### PROBLEM DETAILS
From the data below, return the exact lines starting at the line containing "pub fn again(&self) -> Words<'a>" and ending at the line containing "let Some(number) = self.integer()", both included, and nothing else.

### MATERIAL SUPPLIED
——

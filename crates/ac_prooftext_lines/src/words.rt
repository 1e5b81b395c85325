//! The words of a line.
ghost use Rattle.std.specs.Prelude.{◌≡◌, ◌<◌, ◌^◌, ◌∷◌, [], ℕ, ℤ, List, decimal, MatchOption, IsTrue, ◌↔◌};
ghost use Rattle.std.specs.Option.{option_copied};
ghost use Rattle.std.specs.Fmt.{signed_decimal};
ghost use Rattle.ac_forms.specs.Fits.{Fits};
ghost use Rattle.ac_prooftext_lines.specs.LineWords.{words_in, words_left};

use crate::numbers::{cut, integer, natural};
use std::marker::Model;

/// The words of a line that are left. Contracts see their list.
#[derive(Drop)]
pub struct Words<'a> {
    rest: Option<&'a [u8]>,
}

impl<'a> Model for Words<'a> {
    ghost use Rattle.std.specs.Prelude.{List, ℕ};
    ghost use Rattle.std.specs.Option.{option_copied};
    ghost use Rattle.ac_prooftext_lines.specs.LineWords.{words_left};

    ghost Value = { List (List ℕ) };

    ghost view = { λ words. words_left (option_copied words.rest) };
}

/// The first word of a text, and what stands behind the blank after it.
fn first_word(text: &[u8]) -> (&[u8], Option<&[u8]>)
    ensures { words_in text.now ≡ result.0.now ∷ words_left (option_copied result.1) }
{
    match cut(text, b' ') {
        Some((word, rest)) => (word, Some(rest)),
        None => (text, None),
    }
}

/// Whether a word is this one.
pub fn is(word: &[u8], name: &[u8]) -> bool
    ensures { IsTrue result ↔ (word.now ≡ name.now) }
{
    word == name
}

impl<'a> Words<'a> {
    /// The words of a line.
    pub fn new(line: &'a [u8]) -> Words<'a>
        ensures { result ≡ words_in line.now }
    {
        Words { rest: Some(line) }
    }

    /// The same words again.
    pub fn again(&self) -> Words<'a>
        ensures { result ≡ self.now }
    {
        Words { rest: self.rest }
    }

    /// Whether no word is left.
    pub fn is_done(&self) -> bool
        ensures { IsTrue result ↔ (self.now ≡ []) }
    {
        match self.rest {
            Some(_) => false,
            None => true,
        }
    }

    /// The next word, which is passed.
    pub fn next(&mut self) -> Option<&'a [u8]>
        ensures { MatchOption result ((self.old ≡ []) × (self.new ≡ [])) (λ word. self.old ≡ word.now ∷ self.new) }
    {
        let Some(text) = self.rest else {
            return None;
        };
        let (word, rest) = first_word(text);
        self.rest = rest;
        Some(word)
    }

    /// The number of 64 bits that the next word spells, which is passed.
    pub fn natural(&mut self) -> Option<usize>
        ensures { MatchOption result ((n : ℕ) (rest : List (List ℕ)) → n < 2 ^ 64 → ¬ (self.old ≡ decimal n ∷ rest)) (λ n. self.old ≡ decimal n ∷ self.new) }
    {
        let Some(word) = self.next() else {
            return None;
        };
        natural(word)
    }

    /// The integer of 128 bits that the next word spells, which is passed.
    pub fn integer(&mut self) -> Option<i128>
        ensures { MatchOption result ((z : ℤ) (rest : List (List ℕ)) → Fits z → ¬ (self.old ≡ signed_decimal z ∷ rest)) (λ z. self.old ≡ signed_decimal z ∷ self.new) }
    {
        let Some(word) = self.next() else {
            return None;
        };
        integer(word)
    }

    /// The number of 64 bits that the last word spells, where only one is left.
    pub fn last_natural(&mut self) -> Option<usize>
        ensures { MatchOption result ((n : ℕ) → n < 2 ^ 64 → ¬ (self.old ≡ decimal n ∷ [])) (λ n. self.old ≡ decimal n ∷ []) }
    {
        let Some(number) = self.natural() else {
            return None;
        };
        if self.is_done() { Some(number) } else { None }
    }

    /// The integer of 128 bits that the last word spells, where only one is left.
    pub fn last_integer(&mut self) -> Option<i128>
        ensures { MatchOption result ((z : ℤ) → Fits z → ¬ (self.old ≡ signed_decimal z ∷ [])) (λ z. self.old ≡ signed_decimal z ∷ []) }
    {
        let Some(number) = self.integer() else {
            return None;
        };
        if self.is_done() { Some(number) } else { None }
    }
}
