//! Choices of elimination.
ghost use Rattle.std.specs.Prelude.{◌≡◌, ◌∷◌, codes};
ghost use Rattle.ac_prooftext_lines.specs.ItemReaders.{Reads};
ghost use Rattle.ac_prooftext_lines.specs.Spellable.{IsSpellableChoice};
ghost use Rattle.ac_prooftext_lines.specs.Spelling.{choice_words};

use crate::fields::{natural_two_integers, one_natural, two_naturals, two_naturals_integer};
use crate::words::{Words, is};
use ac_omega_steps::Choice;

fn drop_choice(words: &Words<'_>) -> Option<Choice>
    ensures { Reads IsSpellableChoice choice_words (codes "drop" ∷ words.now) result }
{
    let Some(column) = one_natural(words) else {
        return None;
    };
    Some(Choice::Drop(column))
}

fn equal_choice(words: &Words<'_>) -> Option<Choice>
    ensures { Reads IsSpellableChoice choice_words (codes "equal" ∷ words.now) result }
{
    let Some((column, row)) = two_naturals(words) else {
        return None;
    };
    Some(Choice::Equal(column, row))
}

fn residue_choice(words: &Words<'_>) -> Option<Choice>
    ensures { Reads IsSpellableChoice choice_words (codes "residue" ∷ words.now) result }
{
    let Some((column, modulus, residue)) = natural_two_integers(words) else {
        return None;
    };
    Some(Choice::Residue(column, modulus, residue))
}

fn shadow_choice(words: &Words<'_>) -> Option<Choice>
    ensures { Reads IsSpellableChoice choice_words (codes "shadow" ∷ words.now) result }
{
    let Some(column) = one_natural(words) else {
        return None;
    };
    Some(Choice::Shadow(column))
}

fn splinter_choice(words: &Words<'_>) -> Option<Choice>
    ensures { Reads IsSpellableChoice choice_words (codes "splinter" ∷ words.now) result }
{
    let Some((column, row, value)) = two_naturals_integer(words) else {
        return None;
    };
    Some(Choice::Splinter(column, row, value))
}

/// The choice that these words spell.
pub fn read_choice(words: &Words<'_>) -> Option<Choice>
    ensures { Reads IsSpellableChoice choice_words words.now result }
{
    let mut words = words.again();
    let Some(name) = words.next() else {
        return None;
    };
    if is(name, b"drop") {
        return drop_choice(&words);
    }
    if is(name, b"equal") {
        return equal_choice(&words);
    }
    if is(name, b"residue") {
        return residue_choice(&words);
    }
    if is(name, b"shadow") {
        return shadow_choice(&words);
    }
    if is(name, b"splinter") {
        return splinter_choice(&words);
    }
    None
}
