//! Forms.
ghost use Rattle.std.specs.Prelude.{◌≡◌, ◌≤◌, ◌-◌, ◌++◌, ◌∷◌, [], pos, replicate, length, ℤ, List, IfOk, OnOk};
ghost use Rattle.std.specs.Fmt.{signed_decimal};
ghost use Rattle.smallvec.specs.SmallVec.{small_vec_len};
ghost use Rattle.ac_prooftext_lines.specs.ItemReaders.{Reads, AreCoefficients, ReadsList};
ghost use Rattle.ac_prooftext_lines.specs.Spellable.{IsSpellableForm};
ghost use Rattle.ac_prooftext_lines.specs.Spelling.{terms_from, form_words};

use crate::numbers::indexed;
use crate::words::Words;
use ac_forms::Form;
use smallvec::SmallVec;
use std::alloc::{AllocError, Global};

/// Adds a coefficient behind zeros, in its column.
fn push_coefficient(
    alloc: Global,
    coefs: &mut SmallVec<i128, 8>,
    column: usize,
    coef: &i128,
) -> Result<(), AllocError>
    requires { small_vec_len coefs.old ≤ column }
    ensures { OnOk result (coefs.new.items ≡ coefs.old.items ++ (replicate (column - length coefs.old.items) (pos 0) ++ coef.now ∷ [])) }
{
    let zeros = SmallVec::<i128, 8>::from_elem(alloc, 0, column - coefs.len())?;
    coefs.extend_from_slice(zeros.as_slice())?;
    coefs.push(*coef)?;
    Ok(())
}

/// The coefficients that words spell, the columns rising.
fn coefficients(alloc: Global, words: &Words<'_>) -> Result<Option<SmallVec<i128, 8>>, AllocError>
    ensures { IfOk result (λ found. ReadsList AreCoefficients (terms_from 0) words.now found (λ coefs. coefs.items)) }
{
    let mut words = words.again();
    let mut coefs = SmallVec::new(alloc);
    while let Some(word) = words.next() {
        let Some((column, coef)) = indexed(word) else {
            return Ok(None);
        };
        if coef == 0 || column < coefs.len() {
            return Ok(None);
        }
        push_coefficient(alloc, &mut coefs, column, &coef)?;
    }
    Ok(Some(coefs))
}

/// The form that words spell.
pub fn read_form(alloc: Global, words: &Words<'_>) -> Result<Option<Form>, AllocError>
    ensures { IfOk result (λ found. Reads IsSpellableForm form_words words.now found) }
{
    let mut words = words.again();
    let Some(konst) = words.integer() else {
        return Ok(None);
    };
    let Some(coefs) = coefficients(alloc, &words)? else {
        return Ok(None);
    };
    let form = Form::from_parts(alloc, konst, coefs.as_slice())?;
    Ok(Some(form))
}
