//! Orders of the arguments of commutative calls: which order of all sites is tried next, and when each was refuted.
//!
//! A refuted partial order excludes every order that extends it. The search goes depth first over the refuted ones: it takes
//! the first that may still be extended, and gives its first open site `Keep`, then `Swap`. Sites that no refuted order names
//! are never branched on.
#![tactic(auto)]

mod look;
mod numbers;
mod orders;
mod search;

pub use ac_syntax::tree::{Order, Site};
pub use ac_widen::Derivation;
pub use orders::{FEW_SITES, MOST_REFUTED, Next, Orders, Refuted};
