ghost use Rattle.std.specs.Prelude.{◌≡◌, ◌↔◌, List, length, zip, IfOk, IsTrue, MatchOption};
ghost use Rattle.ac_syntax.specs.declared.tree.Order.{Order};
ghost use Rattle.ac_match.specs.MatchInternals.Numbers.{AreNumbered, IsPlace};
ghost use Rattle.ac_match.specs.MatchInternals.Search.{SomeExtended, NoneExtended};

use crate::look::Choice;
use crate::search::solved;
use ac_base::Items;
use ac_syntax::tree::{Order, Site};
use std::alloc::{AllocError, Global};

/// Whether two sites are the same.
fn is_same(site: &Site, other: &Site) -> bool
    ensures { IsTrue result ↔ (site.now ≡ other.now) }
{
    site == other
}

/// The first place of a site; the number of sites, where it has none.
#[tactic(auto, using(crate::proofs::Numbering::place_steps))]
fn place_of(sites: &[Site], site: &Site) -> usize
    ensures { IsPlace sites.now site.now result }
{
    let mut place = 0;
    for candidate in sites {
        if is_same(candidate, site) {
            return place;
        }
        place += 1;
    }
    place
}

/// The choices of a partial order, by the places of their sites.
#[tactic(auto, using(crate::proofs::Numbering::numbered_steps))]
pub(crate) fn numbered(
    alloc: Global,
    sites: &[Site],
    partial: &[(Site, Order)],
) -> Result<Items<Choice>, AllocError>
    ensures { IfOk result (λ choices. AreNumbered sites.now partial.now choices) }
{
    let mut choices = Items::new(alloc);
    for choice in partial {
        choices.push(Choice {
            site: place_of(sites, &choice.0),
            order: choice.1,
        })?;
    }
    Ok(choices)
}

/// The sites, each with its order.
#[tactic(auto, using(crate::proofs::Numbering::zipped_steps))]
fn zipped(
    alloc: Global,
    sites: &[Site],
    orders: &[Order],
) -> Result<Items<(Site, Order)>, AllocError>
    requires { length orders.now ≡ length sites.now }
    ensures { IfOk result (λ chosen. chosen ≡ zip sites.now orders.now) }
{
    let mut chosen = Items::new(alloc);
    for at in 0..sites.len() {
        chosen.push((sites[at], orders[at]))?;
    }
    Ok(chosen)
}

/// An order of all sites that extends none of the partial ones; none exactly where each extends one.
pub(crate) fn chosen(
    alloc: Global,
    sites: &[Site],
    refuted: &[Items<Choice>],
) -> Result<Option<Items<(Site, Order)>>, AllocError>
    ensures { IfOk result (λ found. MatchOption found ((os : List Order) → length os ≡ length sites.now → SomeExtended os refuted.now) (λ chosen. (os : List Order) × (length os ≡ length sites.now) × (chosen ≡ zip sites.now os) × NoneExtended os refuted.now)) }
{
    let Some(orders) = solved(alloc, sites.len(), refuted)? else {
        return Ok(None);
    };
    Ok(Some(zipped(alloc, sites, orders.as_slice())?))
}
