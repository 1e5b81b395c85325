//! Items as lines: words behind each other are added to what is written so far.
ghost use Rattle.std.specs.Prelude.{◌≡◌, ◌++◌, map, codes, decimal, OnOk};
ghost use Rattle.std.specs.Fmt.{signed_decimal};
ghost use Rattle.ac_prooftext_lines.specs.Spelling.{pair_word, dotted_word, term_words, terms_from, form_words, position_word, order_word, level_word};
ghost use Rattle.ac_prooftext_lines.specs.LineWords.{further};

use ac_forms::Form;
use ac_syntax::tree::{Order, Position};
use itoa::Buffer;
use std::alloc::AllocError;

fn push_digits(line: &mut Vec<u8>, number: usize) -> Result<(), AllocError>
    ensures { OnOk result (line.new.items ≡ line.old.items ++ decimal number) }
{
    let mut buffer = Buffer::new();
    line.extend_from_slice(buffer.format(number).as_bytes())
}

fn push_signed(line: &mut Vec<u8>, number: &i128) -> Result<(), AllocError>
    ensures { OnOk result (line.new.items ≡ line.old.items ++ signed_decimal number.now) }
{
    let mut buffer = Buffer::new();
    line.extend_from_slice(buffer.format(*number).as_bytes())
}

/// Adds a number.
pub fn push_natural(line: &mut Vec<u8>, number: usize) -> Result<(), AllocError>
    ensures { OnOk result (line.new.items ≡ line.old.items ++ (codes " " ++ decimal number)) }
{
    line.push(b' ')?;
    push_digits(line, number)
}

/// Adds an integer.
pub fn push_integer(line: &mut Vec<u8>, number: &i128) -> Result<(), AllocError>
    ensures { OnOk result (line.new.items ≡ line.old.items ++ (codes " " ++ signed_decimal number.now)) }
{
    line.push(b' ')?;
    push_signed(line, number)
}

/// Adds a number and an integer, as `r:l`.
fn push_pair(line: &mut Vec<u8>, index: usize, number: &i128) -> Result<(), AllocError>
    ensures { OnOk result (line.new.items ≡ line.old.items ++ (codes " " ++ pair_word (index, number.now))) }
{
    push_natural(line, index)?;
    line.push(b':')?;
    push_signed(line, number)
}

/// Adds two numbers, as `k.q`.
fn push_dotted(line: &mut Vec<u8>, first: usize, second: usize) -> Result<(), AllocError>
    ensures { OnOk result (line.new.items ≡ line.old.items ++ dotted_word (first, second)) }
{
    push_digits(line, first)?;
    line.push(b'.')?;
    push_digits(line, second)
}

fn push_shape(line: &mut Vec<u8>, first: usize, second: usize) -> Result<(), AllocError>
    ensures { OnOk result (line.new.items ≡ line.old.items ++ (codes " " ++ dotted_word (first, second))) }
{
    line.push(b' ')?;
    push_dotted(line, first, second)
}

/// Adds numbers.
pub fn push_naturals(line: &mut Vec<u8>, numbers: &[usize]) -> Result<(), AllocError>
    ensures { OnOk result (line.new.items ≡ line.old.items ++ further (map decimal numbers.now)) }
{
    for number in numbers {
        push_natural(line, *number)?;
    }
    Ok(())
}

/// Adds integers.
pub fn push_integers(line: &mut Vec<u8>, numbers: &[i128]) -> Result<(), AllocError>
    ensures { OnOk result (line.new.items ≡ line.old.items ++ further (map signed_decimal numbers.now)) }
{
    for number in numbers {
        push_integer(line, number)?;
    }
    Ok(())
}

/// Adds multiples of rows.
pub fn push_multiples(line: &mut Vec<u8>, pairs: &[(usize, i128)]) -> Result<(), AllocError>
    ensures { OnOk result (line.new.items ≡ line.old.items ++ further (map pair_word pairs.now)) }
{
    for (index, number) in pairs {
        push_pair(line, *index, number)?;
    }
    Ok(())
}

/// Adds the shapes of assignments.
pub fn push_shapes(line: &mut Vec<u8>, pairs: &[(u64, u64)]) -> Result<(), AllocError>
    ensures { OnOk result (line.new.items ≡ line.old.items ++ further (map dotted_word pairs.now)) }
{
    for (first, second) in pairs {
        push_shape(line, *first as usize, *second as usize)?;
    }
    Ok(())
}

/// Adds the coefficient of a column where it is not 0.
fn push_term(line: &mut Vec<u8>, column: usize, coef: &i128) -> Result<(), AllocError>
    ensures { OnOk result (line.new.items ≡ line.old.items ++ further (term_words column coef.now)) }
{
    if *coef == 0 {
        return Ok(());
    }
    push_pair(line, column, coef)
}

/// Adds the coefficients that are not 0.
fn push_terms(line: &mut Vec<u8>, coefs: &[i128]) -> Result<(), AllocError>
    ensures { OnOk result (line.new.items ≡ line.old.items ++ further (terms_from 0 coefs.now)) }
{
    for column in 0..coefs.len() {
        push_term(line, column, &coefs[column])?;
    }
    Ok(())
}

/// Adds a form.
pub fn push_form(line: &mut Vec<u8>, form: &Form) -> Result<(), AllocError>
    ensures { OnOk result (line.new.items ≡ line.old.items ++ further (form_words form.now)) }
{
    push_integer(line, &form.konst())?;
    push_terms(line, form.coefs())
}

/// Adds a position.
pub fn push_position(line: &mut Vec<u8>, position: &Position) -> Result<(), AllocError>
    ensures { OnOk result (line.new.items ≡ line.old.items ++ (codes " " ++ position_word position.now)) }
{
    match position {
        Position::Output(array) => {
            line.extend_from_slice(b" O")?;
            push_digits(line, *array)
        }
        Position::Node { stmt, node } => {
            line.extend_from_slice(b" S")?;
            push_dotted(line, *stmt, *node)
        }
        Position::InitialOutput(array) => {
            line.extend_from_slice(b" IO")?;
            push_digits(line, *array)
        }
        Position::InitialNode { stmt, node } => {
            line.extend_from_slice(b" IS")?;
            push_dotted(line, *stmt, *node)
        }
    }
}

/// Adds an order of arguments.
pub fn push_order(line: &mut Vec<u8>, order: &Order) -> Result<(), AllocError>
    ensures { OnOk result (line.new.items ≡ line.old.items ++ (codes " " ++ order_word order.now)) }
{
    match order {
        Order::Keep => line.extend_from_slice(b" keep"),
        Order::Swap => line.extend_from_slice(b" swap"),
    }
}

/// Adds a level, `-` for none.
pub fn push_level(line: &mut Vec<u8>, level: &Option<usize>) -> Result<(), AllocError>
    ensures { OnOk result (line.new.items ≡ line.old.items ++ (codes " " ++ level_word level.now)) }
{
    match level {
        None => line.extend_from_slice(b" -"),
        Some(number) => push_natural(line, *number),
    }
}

——

### RESULT OF THE EXERCISE
    pub fn again(&self) -> Words<'a>
        ensures { result ≡ self.now }
    {
        Words { rest: self.rest }
    }

    /// Whether no word is left.
    pub fn is_done(&self) -> bool
        ensures { IsTrue result ↔ (self.now ≡ []) }
    {
        match self.rest {
            Some(_) => false,
            None => true,
        }
    }

    /// The next word, which is passed.
    pub fn next(&mut self) -> Option<&'a [u8]>
        ensures { MatchOption result ((self.old ≡ []) × (self.new ≡ [])) (λ word. self.old ≡ word.now ∷ self.new) }
    {
        let Some(text) = self.rest else {
            return None;
        };
        let (word, rest) = first_word(text);
        self.rest = rest;
        Some(word)
    }

    /// The number of 64 bits that the next word spells, which is passed.
    pub fn natural(&mut self) -> Option<usize>
        ensures { MatchOption result ((n : ℕ) (rest : List (List ℕ)) → n < 2 ^ 64 → ¬ (self.old ≡ decimal n ∷ rest)) (λ n. self.old ≡ decimal n ∷ self.new) }
    {
        let Some(word) = self.next() else {
            return None;
        };
        natural(word)
    }

    /// The integer of 128 bits that the next word spells, which is passed.
    pub fn integer(&mut self) -> Option<i128>
        ensures { MatchOption result ((z : ℤ) (rest : List (List ℕ)) → Fits z → ¬ (self.old ≡ signed_decimal z ∷ rest)) (λ z. self.old ≡ signed_decimal z ∷ self.new) }
    {
        let Some(word) = self.next() else {
            return None;
        };
        integer(word)
    }

    /// The number of 64 bits that the last word spells, where only one is left.
    pub fn last_natural(&mut self) -> Option<usize>
        ensures { MatchOption result ((n : ℕ) → n < 2 ^ 64 → ¬ (self.old ≡ decimal n ∷ [])) (λ n. self.old ≡ decimal n ∷ []) }
    {
        let Some(number) = self.natural() else {
            return None;
        };
        if self.is_done() { Some(number) } else { None }
    }

    /// The integer of 128 bits that the last word spells, where only one is left.
    pub fn last_integer(&mut self) -> Option<i128>
        ensures { MatchOption result ((z : ℤ) → Fits z → ¬ (self.old ≡ signed_decimal z ∷ [])) (λ z. self.old ≡ signed_decimal z ∷ []) }
    {
        let Some(number) = self.integer() else {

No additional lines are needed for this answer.